In Loving Memory of Jim Hodgkin (1929-2018), Great Friend and Mentor
Constructing a Composite Pronunciation Text
(an aid to reciting and learning the Japanese language version of the Threefold Lotus Sutra)
At the invitation of Jim Hodgkin, a colleague at the Hughes Aircraft Comapny in Fullerton, California, I joined the Risshō Kōsei Kai Lay Buddhist Association in 1992 because I wanted to use some of the Japanese language that I had studied years before in college. As well, it occured to me that learning to recite excerpts from the Lotus Sutra in Japanese would help me understand and appreciate something important about the culture and religion of Japan. At first, I began reciting selected extracts from the Sutra using a "romanized" version of the Japanese prayer-book, or Kyōden (経典), which contained an accompanying English translation. After about a year of concentrated practice, I had memorized the sounds of the Kyōden's Japanese pronunciation. Thereafter, I switched to reading the Japanese version of the Kyōden which indicated Japanese pronunciation through the use of small "furigana" (ふりがな) symbols placed alonside the vertically written Japanese characters. I knew these symbols from my previous study of Japanese so they caused me no difficulty. After another two years, I found that I could actually read most of the Japanese text for meaning as well as sound.
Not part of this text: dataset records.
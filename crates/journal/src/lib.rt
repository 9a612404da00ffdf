// The replay of a log as a library: text goes in, in pieces of any size, and what happened comes out.
#![tactic(auto)]

ghost use Rattle.std.specs.Prelude.{◌≡◌, false, ◌≤◌, length};
ghost use Rattle.std.proofs.lemmas.List.Edits.{sets};
ghost use Rattle.replayed.specs.declared.Stage.TheVariants.{First};
ghost use Rattle.replayed.specs.Feed.{reads, fed, is_first, Came};

pub use ending::finish;
use later::feed_open;
use lines::{Output, hold};
use opening::open_line;
use replayed::ROOM;
pub use replayed::{Fed, Replay, Stage};
pub use whole::new;

// No queue uses more of the lent words. (No type that has them: `feed` is lent any slice, and pool, piece and buffer go on as they stand
// in its signature.)
pub const LARGEST_POOL: usize = 4096;

// From a place of the piece on, with line 1 read. Once the replay is over, the rest of the piece is passed over.
#[tactic(auto, using(crate::proofs::Bytes::bytes))]
fn go_on(fed: Fed, pool: &mut [u64], piece: &[u8], out: &mut [u8]) -> Fed
    requires { (is_first fed.replay.stage ≡ false) × (fed.read ≤ length piece.now) × (fed.written ≤ length out.old) }
    ensures { Came piece.now fed.replay pool.old fed.read out.old fed.written result pool.new out.new }
{
    match fed.replay.stage {
        Stage::Open => feed_open(fed, pool, piece, out),
        _ => Fed {
            read: piece.len(),
            ..fed
        },
    }
}

// Line 1, which opens the queue or ends the replay, and what follows it.
#[tactic(auto, using(crate::proofs::Bytes::bytes))]
fn feed_first(mut replay: Replay, pool: &mut [u64], piece: &[u8], out: &mut [u8]) -> Fed
    requires stage_value { replay.stage ≡ First }
    requires in_bounds { 4096 ≤ length pool.old }
    ensures { Came piece.now replay pool.old 0 out.old 0 result pool.new out.new }
{
    if out.len() < ROOM {
        return Fed {
            replay,
            read: 0,
            written: 0,
        };
    }
    for (read, &byte) in piece.iter().enumerate() {
        if byte == b'\n' {
            let mut output = Output {
                bytes: out,
                written: 0,
            };
            open_line(&mut replay, pool, &mut output);
            let fed = Fed {
                replay,
                read: read + 1,
                written: output.written,
            };
            return go_on(fed, pool, piece, out);
        }
        hold(&mut replay, byte);
    }
    Fed {
        replay,
        read: piece.len(),
        written: 0,
    }
}

// Reads bytes from the front of the piece while the buffer has room, and writes what they make at its front. What is
// not read is for the caller to feed again. With less lent than the largest pool needs nothing is read.
#[tactic(auto, using(crate::proofs::Feeds::feeds))]
pub fn feed(replay: Replay, pool: &mut [u64], piece: &[u8], out: &mut [u8]) -> Fed
    ensures read_value { result.read ≡ reads replay pool.old piece.now (length out.old) }
    ensures replay_value { result.replay ≡ (fed replay pool.old piece.now (length out.old)).replay }
    ensures pool_after { pool.new ≡ (fed replay pool.old piece.now (length out.old)).pool }
    ensures out_after { out.new ≡ sets out.old 0 (fed replay pool.old piece.now (length out.old)).out }
    ensures written_value { result.written ≡ length (fed replay pool.old piece.now (length out.old)).out }
    ensures read_in_bounds { result.read ≤ length piece.now }
    ensures written_in_bounds { result.written ≤ length out.old }
{
    let fed = Fed {
        replay,
        read: 0,
        written: 0,
    };
    if pool.len() < LARGEST_POOL {
        return fed;
    }
    match replay.stage {
        Stage::First => feed_first(replay, pool, piece, out),
        _ => go_on(fed, pool, piece, out),
    }
}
Then I learned that the Japanese-speaking members of Risshō Kōsei Kai read the entire sutra over the course of a month's time, covering a certain number of pages each day during their morning and evening recitations at home. Determined to expand my own reading ability, I obtained a copy of the Japanese version of the Sutra, but found the size of the printed Japanese characters and furigana pronunciation symbols too small for me to read comfortably. So I set out to see if I could find a copy of the Sutra on computer diskette: one that I could read into my own computer and print out using a larger type-size.
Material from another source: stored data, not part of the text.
//! Functions that write the plain words of standard packets.
ghost use Rattle.std.specs.Prelude.{◌≡◌, ◌≤◌, ◌<◌, ◌+◌, ◌*◌, ◌++◌, ◌∷◌, [], length, codes, decimal, if◌then◌else◌};
ghost use Rattle.arrayvec.specs.ArrayVec.{array_vec_len};
ghost use Rattle.dcc_packet.specs.LineWords.{state_word};
ghost use Rattle.dcc_packet.specs.Rows.{bit};
ghost use Rattle.dcc_plain.specs.Standard.{StandardFits, WhatFits, what_bytes};
ghost use Rattle.dcc_plain.specs.StandardWords.{board_words, clock_words, consist_words, dashed_words, factor_words};
ghost use Rattle.dcc_plain.specs.StandardWords.{function_bits, function_count, hex_words, join_words, output_words};
ghost use Rattle.dcc_plain.specs.StandardWords.{standard_words, time_words, two_digits, value_words, weekday_words};
ghost use Rattle.dcc_plain.specs.StandardWords.{what_words};

use crate::bits::bit;
use crate::functions::append_functions;
use crate::text::{PlainText, append, append_byte, append_hex_words, append_long, append_number};
use crate::words::{
    append_address, append_direction, append_instruction, append_signal_name, append_state,
    append_step128, append_switch, bit_digit,
};
use crate::{FewBytes, StandardPacket, StandardWhat};
use dcc_packet::{Address, BitPlace, Output, SpeedBits128};

/// Appends the plain words of a standard packet.
pub(crate) fn append_standard(text: &mut PlainText, packet: &StandardPacket)
    requires room { array_vec_len text.old + 242 ≤ 255 }
    requires fits { StandardFits packet.now }
    ensures items { text.new.items ≡ text.old.items ++ standard_words packet.now }
    ensures len { array_vec_len text.new ≤ array_vec_len text.old + 242 }
{
    match packet {
        StandardPacket::Loco { to, what } => {
            append_address(text, to);
            append(text, b": ");
            append_what(text, what);
        }
        StandardPacket::ModelTime {
            minute,
            weekday,
            hour,
            is_set,
            factor,
        } => append_time(text, *minute, *weekday, *hour, *is_set, *factor),
        StandardPacket::ModelDate { day, month, year } => append_date(text, *day, *month, *year),
        StandardPacket::SystemTime { milliseconds } => {
            append(text, b"system time: ");
            append_number(text, *milliseconds);
            append(text, b" ms");
        }
        StandardPacket::BoardNothing { board, pair } => {
            append_pair(text, board.number(), *pair);
            append(text, b": nothing to do");
        }
        StandardPacket::SignalNothing { address } => {
            append_signal_name(text, address);
            append(text, b": nothing to do");
        }
        StandardPacket::BoardCv {
            board,
            output,
            access,
        } => {
            append_output(text, board.number(), output);
            append(text, b": ");
            append_instruction(text, &Address::Broadcast, access);
        }
        StandardPacket::SignalCv { address, access } => {
            append_signal_name(text, address);
            append(text, b": ");
            append_instruction(text, &Address::Broadcast, access);
        }
    }
}

/// Appends the words of an instruction to locomotive decoders.
fn append_what(text: &mut PlainText, what: &StandardWhat)
    requires room { array_vec_len text.old + 217 ≤ 255 }
    requires fits { WhatFits what.now }
    ensures items { text.new.items ≡ text.old.items ++ what_words what.now }
    ensures len { array_vec_len text.new ≤ array_vec_len text.old + 217 }
{
    match what {
        StandardWhat::HardReset => append(text, b"hard reset"),
        StandardWhat::FactoryTest {
            upper,
            first,
            second,
        } => append_factory_test(text, *upper, *first, second),
        StandardWhat::DecoderFlags { upper, flags } => append_flags(text, *upper, *flags),
        StandardWhat::LongAddressUse { on } => append_address_use(text, *on),
        StandardWhat::Acknowledge => append(text, b"acknowledge"),
        StandardWhat::Consist { number, reversed } => append_consist(text, *number, *reversed),
        StandardWhat::Combined {
            forward,
            speed,
            functions,
        } => append_combined(text, *forward, speed, functions),
        StandardWhat::Analog { output, value } => append_analog(text, *output, *value),
        StandardWhat::OperatingModes { modes } => append_modes(text, *modes),
        StandardWhat::LongState { number, on } => append_state(text, *number, *on),
        StandardWhat::ShortCv { is_24, value } => append_short_cv(text, *is_24, *value),
        StandardWhat::ExtendedRead { cv, .. } => {
            append(text, b"extended read of CV");
            append_long(text, *cv);
        }
        StandardWhat::ExtendedWrite { cv, values, .. } => append_extended_write(text, *cv, values),
        StandardWhat::ExtendedBitWrite { cv, place, one, .. } => {
            append_extended_bit(text, *cv, place, *one)
        }
    }
}

/// Appends the words of decoder flags, with their bytes.
fn append_flags(text: &mut PlainText, upper: bool, flags: u8)
    requires { array_vec_len text.old + 19 ≤ 255 }
    ensures items { text.new.items
        ≡ text.old.items ++ codes "decoder flags" ++ hex_words ((6 + bit upper) ∷ flags ∷ []) }
    ensures len { array_vec_len text.new ≤ array_vec_len text.old + 19 }
{
    append(text, b"decoder flags");
    append_hex_words(text, &[6 + bit(upper), flags]);
}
訓読法華三部経(平楽寺版)The staff also gave me a copy of a “Romanized” pronunciation text of the Threefold Lotus Sutra entitled:
Kundoku Threefold Lotus Sutra
(Heiraku-ji ban)
Windows, csv
Myōhō-Renge-Kyō, Narabi Ni Kai-Ketsu
Edited by Risshō Kōsei Kai
Tōkyō: Hinode Printing Company (1970)
When I read the diskette into my computer, however, I discovered that the word-processing machine had used the simplified post-war Japanese characters called "Tōyō Kanji" (当用漢字) and not the more complex pre-war Chinese characters called "Kyū Kanji" (旧漢字) used in writing the Risshō Kōsei Kai version of the Sutra. Furthermore, the diskette contained none of the Japanese furigana pronunciation symbols, either. It soon became clear to me that I had an significantly incomplete version of the Japanese text: one with a great many of the traditional Chinese characters either missing entirely or with simplified post-war characters substituted for them. All this missing or incorrect information I would have to supply or correct myself. The prospect seemed daunting, to say the least. Nonetheless, the staff of Risshō Kōsei Kai headquarters had done their best to help me, and I felt too embarrassed to go back and ask for further assistance. So I made up my mind to produce a pronunciation guide to the Japanese version of the Lotus Sutra, using the materials that I had in hand or could acquire in time. What I eventually did in order to meet this challenge would make a long and technical story, but suffice it to say that seventeen years later, here in the summer of 2012, I at last have something reasonably presentable to show for my efforts.
...
Six more years have passed since I first felt fairly satisfied with my efforts to "computerize" the Japanese version of The Threefold Lotus Sutra. I had further plans to obtain an audio recording of a complete recitation which I would then link to each of the written chapters, so that anyone who wished might listen as well as read along with native Japanese speakers as I had done so many times over so many years in so many Japanese branch-churches in Japan, Thailand, Taiwan, and the USA. I wanted to present my completed project to Jim Hodgkin as a testament to the great respect and affection I felt for this gifted, generous man who had so inspired me with his personal example. But I retired to live in southern Taiwan (my wife Carol's home country) and developed an interest in poetry and sculpture, since the local Rissho Kosei Kai churches in Tainan and Taipei recite the sutra in Taiwanese and I feel too old to learn yet another language. At any rate, Time and Age have taken Jim Hodgkin from us, here in July of 2018, and he will never know now everything that this project might have achieved had I only worked harder at it for just a few more years. I hope and trust that his Bodhisattva spirit will forgive me my inadequacies in the realization that he gave me much of value to think about and do over these past twenty-six years since first we met "by chance" at a co-worker's retirement party in southern California in 1992. He has earned his eternal rest in Peace, along with his beloved wife, Chako, and I will cherish his memory every day that remains of my own little life here on Earth.